13.7 Adjoint ODE solver
The adjoint ODE solver method differs mathematically from the forward ODE solvers in the way gradients of the ODE solution are obtained. The forward ODE approach augments the original ODE system with \(N\) additional states for each parameter for which gradients are needed. If there are \(M\) parameters for which sensitivities are required, then the augmented ODE system has a total of \(N \cdot (M + 1)\) states. This can result in very large ODE systems through the multiplicative scaling of the computational effort needed.
In contrast, the adjoint ODE solver integrates forward in time a
system of \(N\) equations to compute the ODE solution and then integrates
backwards in time another system of \(N\) equations to get the sensitivities.

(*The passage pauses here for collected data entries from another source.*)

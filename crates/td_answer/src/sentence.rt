//! The sentence of a refusal.

ghost use Rattle.std.specs.Prelude.{◌≡◌, ◌++◌, OnOk, map};
ghost use Rattle.td_nets.specs.Views.{name_of};
ghost use Rattle.td_lines.specs.Texts.{place_text};
ghost use Rattle.td_answer.specs.Refusals.{unread_text, loop_text, netlist_text, fault_text, number_and_name, token_text, source_text, question_text, search_text, certificate_fault_text, certificate_text, check_text, refusing_text, bad_part_text, unaccepted_text, other_circuit_text, reason_text, refusal_text};

use crate::refusal::Refusal;
use crate::unjoined::{other_question, unjoined};
use crate::words;
use std::alloc::AllocError;
use td_certificate::CertFault;
use td_checker::{CheckFault, Verdict};
use td_lines::Text;
use td_netlist::{Fault, FaultKind};
use td_nets::Name;
use td_question::QuestionFault;
use td_search::SearchFault;
use td_source::SourceFault;

impl<'n, 'w> Refusal<'n, 'w> {
    /// Appends the line that says why there is no outcome.
    pub fn sentence(&self, out: &mut Text) -> Result<(), AllocError>
        ensures { OnOk result (out.new ≡ out.old ++ refusal_text self.now) }
    {
        out.push(b"tdelay: ")?;
        self.reason(out)?;
        out.push(b"\n")
    }

    fn reason(&self, out: &mut Text) -> Result<(), AllocError>
        ensures { OnOk result (out.new ≡ out.old ++ reason_text self.now) }
    {
        match self {
            Refusal::OutOfMemory => out.push(b"out of memory"),
            Refusal::Unread(name) => unread(out, name),
            Refusal::Question(fault) => question(out, fault),
            Refusal::NoOutput(_) => out.push(b"no output of this name"),
            Refusal::Search(fault) => search(out, *fault),
            Refusal::Check(fault) => checking(out, fault),
            Refusal::BadPart(name, fault) => bad_part(out, name, *fault),
            Refusal::Unaccepted(name, verdict) => unaccepted(out, name, *verdict),
            Refusal::OtherCircuit(name) => other_circuit(out, name),
            Refusal::NotJoined(fault) => unjoined(out, fault),
            Refusal::OtherQuestion(difference) => other_question(out, *difference),
            Refusal::TooLong => out.push(b"too many nodes"),
            Refusal::OutOfTime => out.push(b"out of time"),
        }
    }
}

fn unread(out: &mut Text, name: &str) -> Result<(), AllocError>
    ensures { OnOk result (out.new ≡ out.old ++ unread_text name.now) }
{
    out.word_behind(b"cannot read ", name)
}

fn question(out: &mut Text, fault: &QuestionFault<'_, '_>) -> Result<(), AllocError>
    ensures { OnOk result (out.new ≡ out.old ++ question_text fault.now) }
{
    match fault {
        QuestionFault::OutOfMemory => out.push(b"out of memory"),
        QuestionFault::Source(fault) => source(out, fault),
        QuestionFault::BadName(fault, labels) => words::name(out, *fault, labels),
        QuestionFault::BadVector(word) => words::vector(out, *word),
        QuestionFault::BadKeep(quote) => words::bad_keep(out, *quote),
        QuestionFault::NoNet(name) => words::no_net(out, *name),
        QuestionFault::LongKeepFile => out.push(b"keep file too long"),
    }
}

fn source(out: &mut Text, fault: &SourceFault<'_>) -> Result<(), AllocError>
    ensures { OnOk result (out.new ≡ out.old ++ source_text fault.now) }
{
    match fault {
        SourceFault::OutOfMemory => out.push(b"out of memory"),
        SourceFault::Netlist(fault) => netlist(out, *fault),
        SourceFault::NoOutput => out.push(b"no output of this name"),
        SourceFault::Loop(name) => looped(out, name),
    }
}

fn looped(out: &mut Text, name: &Name) -> Result<(), AllocError>
    ensures { OnOk result (out.new ≡ out.old ++ loop_text (name_of name.now)) }
{
    out.push(b"circuit fault 1 Loop on ")?;
    out.name(name)
}

fn netlist(out: &mut Text, fault: Fault<'_>) -> Result<(), AllocError>
    ensures { OnOk result (out.new ≡ out.old ++ netlist_text fault.entry) }
{
    out.push(b"netlist fault ")?;
    fault_of(out, fault)
}

fn fault_of(out: &mut Text, fault: Fault<'_>) -> Result<(), AllocError>
    ensures { OnOk result (out.new ≡ out.old ++ fault_text fault.entry) }
{
    numbered(out, fault.kind)?;
    out.number_behind(b" at line ", u64::from(fault.line))?;
    token(out, fault.kind)
}

fn numbered(out: &mut Text, kind: FaultKind<'_>) -> Result<(), AllocError>
    ensures { OnOk result (out.new ≡ out.old ++ number_and_name kind.entry) }
{
    out.number(u64::from(kind.number()))?;
    out.word_behind(b" ", kind.name())
}

/// The token at which a text leaves the subset, in round brackets.
fn token(out: &mut Text, kind: FaultKind<'_>) -> Result<(), AllocError>
    ensures { OnOk result (out.new ≡ out.old ++ token_text kind.entry) }
{
    let FaultKind::OutOfSubset(token) = kind else {
        return Ok(());
    };
    out.push(b" (")?;
    out.push(token)?;
    out.push(b")")
}

fn search(out: &mut Text, fault: SearchFault) -> Result<(), AllocError>
    ensures { OnOk result (out.new ≡ out.old ++ search_text fault) }
{
    match fault {
        SearchFault::NoPair => out.push(b"no admitted pair"),
        SearchFault::OutOfMemory => out.push(b"out of memory"),
    }
}

/// The number, the name and the line of a fault of a certificate's text.
fn certificate_fault(out: &mut Text, fault: CertFault) -> Result<(), AllocError>
    ensures { OnOk result (out.new ≡ out.old ++ certificate_fault_text fault) }
{
    out.number(u64::from(fault.kind.number()))?;
    out.word_between(b" ", fault.kind.name(), b" at line ")?;
    out.number(u64::from(fault.line))
}

fn certificate(out: &mut Text, fault: CertFault) -> Result<(), AllocError>
    ensures { OnOk result (out.new ≡ out.old ++ certificate_text fault) }
{
    out.push(b"certificate fault ")?;
    certificate_fault(out, fault)
}

fn checking(out: &mut Text, fault: &CheckFault<'_>) -> Result<(), AllocError>
    ensures { OnOk result (out.new ≡ out.old ++ check_text fault.now) }
{
    match fault {
        CheckFault::OutOfMemory => out.push(b"out of memory"),
        CheckFault::Netlist(fault) => netlist(out, *fault),
        CheckFault::NoOutput => out.push(b"no output of this name"),
        CheckFault::Loop(name) => looped(out, name),
        CheckFault::Certificate(fault) => certificate(out, *fault),
    }
}

fn bad_part(out: &mut Text, name: &str, fault: CertFault) -> Result<(), AllocError>
    ensures { OnOk result (out.new ≡ out.old ++ bad_part_text name.now fault) }
{
    out.word_between(b"", name, b": certificate fault ")?;
    certificate_fault(out, fault)
}

fn place(out: &mut Text, line: Option<u32>) -> Result<(), AllocError>
    ensures { OnOk result (out.new ≡ out.old ++ place_text line) }
{
    match line {
        None => Ok(()),
        Some(line) => out.number_behind(b" line ", u64::from(line)),
    }
}

/// The verdict that refuses a certificate.
fn refusing(out: &mut Text, verdict: Verdict) -> Result<(), AllocError>
    ensures { OnOk result (out.new ≡ out.old ++ refusing_text verdict) }
{
    out.number_between(b"refused ", u64::from(verdict.number()), b" ")?;
    out.word(verdict.name())?;
    place(out, verdict.line())
}

fn unaccepted(out: &mut Text, name: &str, verdict: Verdict) -> Result<(), AllocError>
    ensures { OnOk result (out.new ≡ out.old ++ unaccepted_text name.now verdict) }
{
    out.word_between(b"", name, b": ")?;
    refusing(out, verdict)
}

fn other_circuit(out: &mut Text, name: &str) -> Result<(), AllocError>
    ensures { OnOk result (out.new ≡ out.old ++ other_circuit_text name.now) }
{
    out.word_between(b"", name, b": other circuit")
}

Additionally, for \(M\) parameters there are \(M\) additional equations
to integrate during the backwards solve. Because of this the adjoint
sensitivity problem scales better in parameters than the forward
sensitivity problem. The adjoint solver in Stan uses CVODES (the same
as the bdf
and adams
forward sensitivity interfaces).
The solution computed in the forward integration is required during the backward integration. CVODES uses a checkpointing scheme that saves the forward solver state regularly. The number of steps between saving checkpoints is configurable in the interface. These checkpoints are then interpolated during the backward solve using one of two interpolation schemes.
The solver type (either bdf
or adams
) can be individually set for
both the forward and backward solves.
The tolerances for each phase of the solve must be specified in the interface. Note that the absolute tolerance for the forward and backward ODE integration phase need to be set for each ODE state separately. The harmonic oscillator example call from above becomes:
vector[2] y_sim[T]
= ode_adjoint_tol_ctl(sho, y0, t0, ts,
relative_tolerance/9.0, // forward tolerance
rep_vector(absolute_tolerance/9.0, 2), // forward tolerance
relative_tolerance/3.0, // backward tolerance
rep_vector(absolute_tolerance/3.0, 2), // backward tolerance
relative_tolerance, // quadrature tolerance
absolute_tolerance, // quadrature tolerance
max_num_steps,
150, // number of steps between checkpoints
1, // interpolation polynomial: 1=Hermite, 2=polynomial
2, // solver for forward phase: 1=Adams, 2=BDF
2, // solver for backward phase: 1=Adams, 2=BDF
theta);
For a detailed information on each argument please see the Stan function reference manual.